_Exercise brief_
Among the entries below, find every line that has "HasFewLiterals" and pull it out.

[Saved entries]
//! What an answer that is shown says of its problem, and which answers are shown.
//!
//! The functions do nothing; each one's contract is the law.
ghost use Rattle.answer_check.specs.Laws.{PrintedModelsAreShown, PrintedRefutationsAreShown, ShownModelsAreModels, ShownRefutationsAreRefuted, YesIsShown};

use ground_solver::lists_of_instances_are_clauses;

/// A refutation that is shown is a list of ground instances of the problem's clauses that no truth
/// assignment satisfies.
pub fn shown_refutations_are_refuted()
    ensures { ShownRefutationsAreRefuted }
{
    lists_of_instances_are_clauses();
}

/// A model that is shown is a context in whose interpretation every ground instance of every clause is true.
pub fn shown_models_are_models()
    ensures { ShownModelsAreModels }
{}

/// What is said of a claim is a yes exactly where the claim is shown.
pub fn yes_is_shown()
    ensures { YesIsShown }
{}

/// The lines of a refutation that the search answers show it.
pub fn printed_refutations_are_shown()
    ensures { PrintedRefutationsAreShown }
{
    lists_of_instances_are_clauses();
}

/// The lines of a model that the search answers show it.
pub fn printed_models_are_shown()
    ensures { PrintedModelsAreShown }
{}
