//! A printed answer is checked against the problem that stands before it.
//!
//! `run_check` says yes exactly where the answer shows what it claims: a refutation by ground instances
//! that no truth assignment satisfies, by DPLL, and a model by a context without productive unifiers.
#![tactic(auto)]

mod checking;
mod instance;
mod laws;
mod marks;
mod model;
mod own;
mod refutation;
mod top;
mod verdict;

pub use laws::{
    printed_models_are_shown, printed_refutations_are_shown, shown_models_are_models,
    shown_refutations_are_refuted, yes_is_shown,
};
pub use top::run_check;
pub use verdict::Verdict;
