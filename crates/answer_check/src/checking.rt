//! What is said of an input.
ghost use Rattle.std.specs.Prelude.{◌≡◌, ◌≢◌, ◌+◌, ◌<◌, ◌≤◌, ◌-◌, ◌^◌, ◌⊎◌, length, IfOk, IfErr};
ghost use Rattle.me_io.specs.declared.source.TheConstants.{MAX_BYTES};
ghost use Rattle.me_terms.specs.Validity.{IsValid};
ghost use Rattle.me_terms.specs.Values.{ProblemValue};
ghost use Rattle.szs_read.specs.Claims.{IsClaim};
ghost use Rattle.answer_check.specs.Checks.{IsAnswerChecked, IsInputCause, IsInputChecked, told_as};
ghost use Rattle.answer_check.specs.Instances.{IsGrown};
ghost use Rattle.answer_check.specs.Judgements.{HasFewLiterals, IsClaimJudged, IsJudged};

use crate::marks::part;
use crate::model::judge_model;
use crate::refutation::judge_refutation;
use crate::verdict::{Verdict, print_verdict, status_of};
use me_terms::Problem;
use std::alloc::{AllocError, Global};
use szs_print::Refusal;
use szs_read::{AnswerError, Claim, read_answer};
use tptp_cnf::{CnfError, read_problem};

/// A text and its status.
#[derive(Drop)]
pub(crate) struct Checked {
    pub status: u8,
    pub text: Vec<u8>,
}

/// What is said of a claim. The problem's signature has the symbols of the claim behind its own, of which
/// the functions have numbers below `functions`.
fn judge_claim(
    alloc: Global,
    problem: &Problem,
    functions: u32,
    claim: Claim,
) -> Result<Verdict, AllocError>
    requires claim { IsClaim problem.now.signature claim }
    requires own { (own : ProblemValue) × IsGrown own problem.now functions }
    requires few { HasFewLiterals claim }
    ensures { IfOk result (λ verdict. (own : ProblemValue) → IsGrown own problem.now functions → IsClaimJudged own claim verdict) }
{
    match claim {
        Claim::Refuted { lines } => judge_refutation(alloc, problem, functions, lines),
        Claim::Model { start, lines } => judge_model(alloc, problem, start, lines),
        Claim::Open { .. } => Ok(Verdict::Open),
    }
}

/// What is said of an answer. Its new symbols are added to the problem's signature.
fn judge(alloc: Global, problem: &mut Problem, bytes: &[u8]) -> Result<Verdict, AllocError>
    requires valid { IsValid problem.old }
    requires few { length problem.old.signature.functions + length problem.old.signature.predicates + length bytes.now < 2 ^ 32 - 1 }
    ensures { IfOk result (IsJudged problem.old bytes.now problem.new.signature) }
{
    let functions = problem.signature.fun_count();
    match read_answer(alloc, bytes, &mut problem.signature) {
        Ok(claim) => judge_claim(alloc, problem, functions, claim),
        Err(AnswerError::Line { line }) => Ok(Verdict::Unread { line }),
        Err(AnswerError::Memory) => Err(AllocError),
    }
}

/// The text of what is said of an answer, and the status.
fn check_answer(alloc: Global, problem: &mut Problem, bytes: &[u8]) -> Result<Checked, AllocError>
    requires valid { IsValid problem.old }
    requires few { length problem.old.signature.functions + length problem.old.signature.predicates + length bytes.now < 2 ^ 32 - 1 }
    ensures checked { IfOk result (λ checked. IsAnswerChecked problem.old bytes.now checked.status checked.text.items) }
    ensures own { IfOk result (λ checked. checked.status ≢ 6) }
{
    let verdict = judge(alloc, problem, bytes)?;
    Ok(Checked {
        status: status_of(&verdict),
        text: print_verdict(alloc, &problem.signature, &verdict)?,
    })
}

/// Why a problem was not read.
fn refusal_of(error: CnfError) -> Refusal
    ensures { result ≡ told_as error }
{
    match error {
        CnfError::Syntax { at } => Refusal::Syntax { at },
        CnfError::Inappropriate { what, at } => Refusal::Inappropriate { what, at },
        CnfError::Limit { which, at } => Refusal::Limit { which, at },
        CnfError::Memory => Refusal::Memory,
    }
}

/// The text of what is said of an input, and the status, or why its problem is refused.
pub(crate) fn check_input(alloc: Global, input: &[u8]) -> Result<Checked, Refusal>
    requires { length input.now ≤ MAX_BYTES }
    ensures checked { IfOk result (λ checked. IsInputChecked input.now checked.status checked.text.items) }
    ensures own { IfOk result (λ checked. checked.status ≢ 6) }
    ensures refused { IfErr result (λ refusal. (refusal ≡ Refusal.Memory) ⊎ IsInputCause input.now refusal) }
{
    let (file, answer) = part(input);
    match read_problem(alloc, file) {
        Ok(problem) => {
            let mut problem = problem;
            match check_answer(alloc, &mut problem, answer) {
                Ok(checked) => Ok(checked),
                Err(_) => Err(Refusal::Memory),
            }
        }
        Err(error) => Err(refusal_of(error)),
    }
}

_The answer_
ghost use Rattle.answer_check.specs.Judgements.{HasFewLiterals, IsClaimJudged, IsJudged};
    requires few { HasFewLiterals claim }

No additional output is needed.